Note: *** p < 0.001, ** p < 0.01,* p < 0.05.

4. User Notes

A major advantage of this dataset is the service time records that come with heterogeneous characteristics regarding patient demographics, medical conditions, and previous visit information. The exploratory data analysis here sheds some light on how some characteristics may affect the service time. Indeed, more in-depth analysis and feature engineering are demanded to make more accurate predictions of the service time. Making this dataset public provides valuable opportunities for HOM researchers. Here, we suggest some of them:

• To showcase the effectiveness and efficiency of newly developed models and methods for outpatient AS. For example, ref. [35] propose a data-driven approach to handle service-time heterogeneity in outpatient AS, in which this dataset is utilized to demonstrate the effectiveness of the proposed method.
• To enable research reproducibility. Studies focusing on developing new optimization methods for outpatient AS can report their methods’ performance on public datasets such as this one in their numerical experiments, so that follow-up studies can reproduce and extend them.
• To enable fair performance comparison. Despite the rich literature on outpatient AS, existing studies typically withhold the data in use. It is difficult to make fair performance comparisons among different methods. Making real datasets publicly available can help solve this issue.

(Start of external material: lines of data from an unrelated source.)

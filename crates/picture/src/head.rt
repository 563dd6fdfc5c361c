//! The part above the rows: the title, the line that says which entries are shown, and the legend.

ghost use Rattle.history.specs.Header.{IsInRange};

use crate::pieces::put;
use crate::sheet::Sheet;
use crate::titles::put_maker;
use history::header::Header;
use std::alloc::AllocError;

/// Appends all before the words of the line that says which entries are shown. The header stands there twice:
/// as the document's title, and as the picture's.
pub(crate) fn put_opening(
    out: &mut Vec<u8>,
    header: Header,
    width: u64,
    height: u64,
    style: &[u8],
) -> Result<(), AllocError>
    requires { IsInRange header }
{
    put(
        out,
        b"<svg xmlns='http://www.w3.org/2000/svg' version='1.1' width='",
        width,
    )?;
    put(out, b"' height='", height)?;
    put(out, b"' viewBox='0 0 ", width)?;
    put(out, b" ", height)?;
    out.extend_from_slice(b"'>\n<title>")?;
    put_header(out, header)?;
    out.extend_from_slice(b"</title>\n")?;
    out.extend_from_slice(style)?;
    out.extend_from_slice(b"<text class='h' x='8' y='18'>")?;
    put_header(out, header)?;
    out.extend_from_slice(b"</text>\n<text x='8' y='36'>")
}

/// Appends the header as a history text spells it.
fn put_header(out: &mut Vec<u8>, header: Header) -> Result<(), AllocError>
    requires { IsInRange header }
{
    match header.write_part(out) {
        Ok(()) => Ok(()),
        Err(_) => Err(AllocError),
    }
}

/// Appends the rest of the line that says which entries are shown: how many seats have no row, if there are
/// any, and which entry isn't legal. The legend follows.
pub(crate) fn put_rest(
    out: &mut Vec<u8>,
    sheet: Sheet<'_>,
    legend: &[u8],
) -> Result<(), AllocError> {
    let without_row = u64::from(sheet.picture.header.seats).saturating_sub(sheet.rows());
    if without_row > 0 {
        put(out, b"; seats without a row: ", without_row)?;
    }
    if let Some(number) = sheet.picture.wrong {
        put(out, b"<tspan class='f' dx='8'>not legal at entry ", number)?;
        let index = number.saturating_sub(sheet.picture.folded);
        put_maker(out, sheet, sheet.entry_at(index))?;
        out.extend_from_slice(b"</tspan>")?;
    }
    out.extend_from_slice(b"</text>\n")?;
    out.extend_from_slice(legend)
}
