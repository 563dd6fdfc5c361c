//! What is to be drawn.

use drawing::drawing::Drawn;
use history::header::Header;

/// What is to be drawn of a history.
#[derive(Drop)]
pub struct Picture {
    pub header: Header,
    /// How many entries were folded before the history's first. The numbers in a picture count these too.
    pub folded: u64,
    /// How many entries come before the first that is drawn.
    pub from: u64,
    /// How many entries come before the end of those that are drawn.
    pub to: u64,
    /// How many entries the history has, with those that were folded.
    pub entries: u64,
    /// Whether entries are left out although none were chosen.
    pub is_cut: bool,
    /// The first illegal entry, by the number that is shown.
    pub wrong: Option<u64>,
    /// The lines that explain it, if it was kept.
    pub why: Vec<u8>,
    /// The bars, marks and curve of the entries that are drawn.
    pub drawn: Drawn,
}

impl Picture {
    /// Returns whether the first illegal entry follows those that are drawn.
    pub(crate) fn ends_wrong(&self) -> bool {
        match self.wrong {
            Some(number) => {
                number == self.folded.saturating_add(self.to) && self.from <= self.to
            }
            None => false,
        }
    }
}
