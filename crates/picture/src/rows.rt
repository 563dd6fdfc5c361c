//! Which seats have a row, and where. A seat that has no bar and made none of the entries has no row.

use crate::picture::Picture;
use drawing::bar::Bar;
use history::entry::Entry;
use std::alloc::{AllocError, Global};

/// Returns for each seat how many before it have a row, and after them how many seats have one. A seat has a
/// row if it has a bar, or made one of the entries that are drawn, or the first illegal one after them.
pub(crate) fn ranks_of(
    alloc: Global,
    picture: &Picture,
    entries: &[Entry],
) -> Result<Vec<u64>, AllocError> {
    let with_row = seats_with_row(alloc, picture, entries)?;
    let with_row: &[bool] = &with_row;
    let mut ranks = Vec::new(alloc);
    let mut rank: u64 = 0;
    for has_row in with_row {
        ranks.push(rank)?;
        rank = rank.saturating_add(u64::from(*has_row));
    }
    ranks.push(rank)?;
    Ok(ranks)
}

/// Returns for each seat whether it has a row.
fn seats_with_row(
    alloc: Global,
    picture: &Picture,
    entries: &[Entry],
) -> Result<Vec<bool>, AllocError> {
    let mut table = vec![in alloc; false; picture.header.seats as usize]?;
    let bars: &[Bar] = &picture.drawn.bars;
    for bar in bars {
        note(&mut table, bar.seat);
    }
    // The illegal entry has a place, if it is the next.
    let end = picture.to.saturating_add(u64::from(picture.ends_wrong()));
    for entry in between(entries, picture.from, end) {
        note(&mut table, entry.seat);
    }
    Ok(table)
}

/// Notes a seat, if the table has it.
fn note(table: &mut Vec<bool>, seat: u16) {
    if (seat as usize) < table.len() {
        table[seat as usize] = true;
    }
}

/// Returns the items from a place on, before another, as far as there are such.
pub(crate) fn between<T>(items: &[T], first: u64, end: u64) -> &[T] {
    let count = items.len();
    let end = if (count as u64) < end {
        count
    } else {
        end as usize
    };
    let first = if (end as u64) < first {
        end
    } else {
        first as usize
    };
    &items[first..end]
}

Note that the patients’ scheduled appointment times and their no-show records are not available in this dataset. In the literature [6,9,12,16,17,33], researchers assume that a patient either does not show up or arrives punctually at the scheduled appointment time, and patients are served in the order of their scheduled appointments. One can assume that patients in our records exhibit similar behaviors to those mentioned in the literature. When studying no-shows, researchers make assumptions about hypothetical no-show rates in the absence of real no-show data. For example, ref. [34] simulates patient call-in sequences and assumes heterogeneous no-show rates in experiments.